_What is needed_:
Among the entries, which lines carry the string "that"? Copy each of them.

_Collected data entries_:
***
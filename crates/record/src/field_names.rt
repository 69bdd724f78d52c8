// What the fields of a body are.
ghost use Rattle.std.specs.Prelude.{◌≡◌};
ghost use Rattle.record.specs.Layouts.{is_required};
ghost use Rattle.record.specs.Names.{same_name, whatever_layer};

use territory::NumberingText;
use text::{Layer, TextField};

/// A side of a road.
#[derive(Clone, Copy, Debug, PartialEq, Eq)]
pub enum Side {
    Left,
    Right,
}

/// A field by what it says.
#[derive(Clone, Copy, Debug, PartialEq, Eq)]
pub enum FieldName {
    Identifier(Layer),
    RoadIdentifier,
    Text(TextField),
    SideText(Side, TextField),
    Numbering(Side, NumberingText),
    Place,
    DateUpdate,
    Effective,
    Expire,
    Retirement,
}

impl FieldName {
    /// Whether a body has to have it. Numbering texts follow their numbering alone.
    pub(crate) fn is_required(self) -> bool
        ensures { result ≡ is_required self }
    {
        match self {
            // A street is known by its county and its name.
            FieldName::Text(field) | FieldName::SideText(_, field) => {
                matches!(field, TextField::StreetName | TextField::County)
            }
            FieldName::Identifier(_) | FieldName::RoadIdentifier => true,
            FieldName::Place | FieldName::DateUpdate | FieldName::Retirement => true,
            FieldName::Numbering(_, _) | FieldName::Effective | FieldName::Expire => false,
        }
    }

    /// Whether both name one field. A kind has one identifier of its own, so the layer is no part of the name.
    #[tactic(auto, using(crate::proofs::Labels::equal_same))]
    pub(crate) fn is_same(self, other: FieldName) -> bool
        ensures { result ≡ same_name self other }
    {
        self.whatever_layer() == other.whatever_layer()
    }

    fn whatever_layer(self) -> FieldName
        ensures { result ≡ whatever_layer self }
    {
        match self {
            FieldName::Identifier(_) => FieldName::Identifier(Layer::Road),
            name => name,
        }
    }
}
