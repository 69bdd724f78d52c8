// Bodies that passed the checks of their kind.
ghost use Rattle.std.specs.Prelude.{◌≡◌, None, OnOk};
ghost use Rattle.std.specs.Result.{result_err};
ghost use Rattle.instant.specs.Reading.{instant_in};
ghost use Rattle.delivery.specs.Opened.{body_part};
ghost use Rattle.record.specs.Bodies.{field_text};
ghost use Rattle.record.specs.Checking.{refusal_of};
ghost use Rattle.record.specs.Forms.{RefusedByForm};
ghost use Rattle.record.specs.Layouts.{numbering_field, place_field, NumberingStands, PlaceStands};
ghost use Rattle.record.specs.Laid.{Laid};
ghost use Rattle.record.specs.Named.{text_given, NamesTell};
ghost use Rattle.record.specs.Parts.{place_of, reading_from, reading_of};
ghost use Rattle.record.specs.Passing.{accepted_part, passing, LeftToNumbering, Passes};
ghost use Rattle.record.specs.Rules.{RefusedRightly, fields_of};

use crate::described::Described;
use crate::{BodyKind, BodyRefusal, FieldKey, PointBody, RoadBody, Side};
use delivery::Body;
use instant::Instant;
use std::marker::PhantomData;
use territory::{Numbering, NumberingText};

mod parts;

/// A body that passed the checks of its kind; only `check` makes one.
#[derive(Drop)]
pub struct Checked<'a, K: BodyKind> {
    body: Body<'a>,
    kind: PhantomData<K>,
    pub ghost passed: { Passes K.KIND (body_part body) },
}

/// Checks a body of the kind, and refuses it with the first reason that applies.
#[tactic(auto, using(crate::proofs::Refused::refused_rightly, crate::proofs::Refused::refused_by_form, crate::proofs::Passed::accepted_whole, crate::proofs::Passed::passes))]
pub fn check<N: Numbering, K: BodyKind>(body: Body<'_>) -> Result<Checked<'_, K>, BodyRefusal>
    ensures value { accepted_part (λ c. body_part c.body) result ≡ passing N.Numbering.own K.BodyKind.KIND (body_part body.entry) }
    ensures rightly { RefusedRightly N.Numbering.own K.BodyKind.KIND (body_part body.entry) (result_err result) }
    ensures formed { RefusedByForm N.Numbering.own K.BodyKind.KIND (body_part body.entry) (result_err result) }
    ensures unrefused { OnOk result (refusal_of N.Numbering.own K.BodyKind.KIND (body_part body.entry) ≡ None) }
    ensures laid { OnOk result (Laid body.entry.bytes.now (fields_of K.BodyKind.KIND body.entry.bytes.now)) }
    ensures passes { OnOk result (Passes K.BodyKind.KIND (body_part body.entry)) }
{
    let described = Described {
        kind: K::KIND,
        body,
    };
    described.check::<N>()?;
    Ok(Checked {
        body,
        kind: PhantomData,
    })
}

impl<'a, K: BodyKind> Checked<'a, K> {
    /// The text of a field, by its number or its name; empty where there is no such field.
    #[tactic(auto, using(crate::proofs::NamedTexts::names_tell))]
    pub fn text<F: FieldKey>(&self, field: F) -> &'a [u8]
        ensures value { result.now ≡ text_given self.now.body.bytes.now (F.index K.BodyKind.KIND field) }
        ensures names { NamesTell K.BodyKind.KIND self.now.body.bytes.now }
    {
        self.described().text(field)
    }

    /// The instant that a field tells, if it tells one: a DateUpdate, or a retirement's instant.
    pub fn instant<F: FieldKey>(&self, field: F) -> Option<Instant>
        ensures { result ≡ instant_in (text_given self.now.body.bytes.now (F.index K.BodyKind.KIND field)) }
    {
        Instant::read(self.text(field))
    }

    /// The first reason for which the body is refused by another numbering, if any; by its own, there is none.
    #[tactic(auto, using(crate::proofs::LeftOver::left_over))]
    pub fn refusal<N: Numbering>(&self) -> Option<BodyRefusal>
        ensures value { result ≡ refusal_of N.Numbering.own K.BodyKind.KIND (body_part self.now.body) }
        ensures left { LeftToNumbering K.BodyKind.KIND result }
    {
        self.described().check::<N>().err()
    }

    fn described(&self) -> Described<'a>
        ensures kind { result.kind ≡ K.BodyKind.KIND }
        ensures body { body_part result.body ≡ body_part self.now.body }
    {
        Described {
            kind: K::KIND,
            body: self.body,
        }
    }
}

impl Checked<'_, RoadBody> {
    /// The numbering of a side.
    #[tactic(auto, using(crate::proofs::NamedReadings::reading_named))]
    pub fn numbering<N: Numbering>(&self, side: Side) -> Result<N, NumberingText>
        ensures stands { NumberingStands side (numbering_field side) }
        ensures value { result ≡ reading_from N.Numbering.own self.now.body.bytes.now (numbering_field side) }
        ensures named { result ≡ reading_of N.Numbering.own self.now.body.bytes.now side }
    {
        self.described().numbering::<N>(side)
    }
}

impl Checked<'_, PointBody> {
    /// The place of the point.
    #[tactic(auto, using(crate::proofs::NamedReadings::place_named))]
    pub fn place<N: Numbering>(&self) -> Option<N::Point>
        ensures stands { PlaceStands }
        ensures value { result ≡ N.Numbering.place (field_text self.now.body.bytes.now place_field) }
        ensures named { result ≡ place_of N.Numbering.own self.now.body.bytes.now }
    {
        N::read_place(self.text(PLACE_FIELD))
    }
}

const PLACE_FIELD: usize = 13;
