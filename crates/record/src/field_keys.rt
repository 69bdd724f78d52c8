// What tells a field of a body: its number in the layout of its kind, or its name.
ghost use Rattle.std.specs.Prelude.{◌≡◌, ℕ, Some, Option as Maybe};
ghost use Rattle.delivery.specs.declared.kinds.Kind.{Kind as KindOf};
ghost use Rattle.record.specs.Layouts.{layout};
ghost use Rattle.record.specs.Named.{index_in};

use crate::FieldName;
use crate::layouts::layout;
use delivery::Kind;

/// Tells a field of a body: a number in the layout, from 0, or the field's name, whatever an identifier's layer.
pub trait FieldKey: Copy {
    ghost index: { KindOf → Self → Maybe ℕ };

    /// The number in the layout of the kind, if the key tells one.
    fn index(self, kind: Kind) -> Option<usize>
        ensures { result ≡ index kind self };
}

impl FieldKey for usize {
    ghost index = { λ kind number. Some number };

    fn index(self, _kind: Kind) -> Option<usize> {
        Some(self)
    }
}

impl FieldKey for FieldName {
    ghost index = { λ kind name. index_in (layout kind) name };

    #[tactic(auto, unfolding(crate::specs::Named::index_in))]
    fn index(self, kind: Kind) -> Option<usize> {
        layout(kind).iter().position(|name| self.is_same(*name))
    }
}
***
_Task answer_:
// Bodies that passed the checks of their kind.
/// A body that passed the checks of its kind; only `check` makes one.
/// Checks a body of the kind, and refuses it with the first reason that applies.
    /// The instant that a field tells, if it tells one: a DateUpdate, or a retirement's instant.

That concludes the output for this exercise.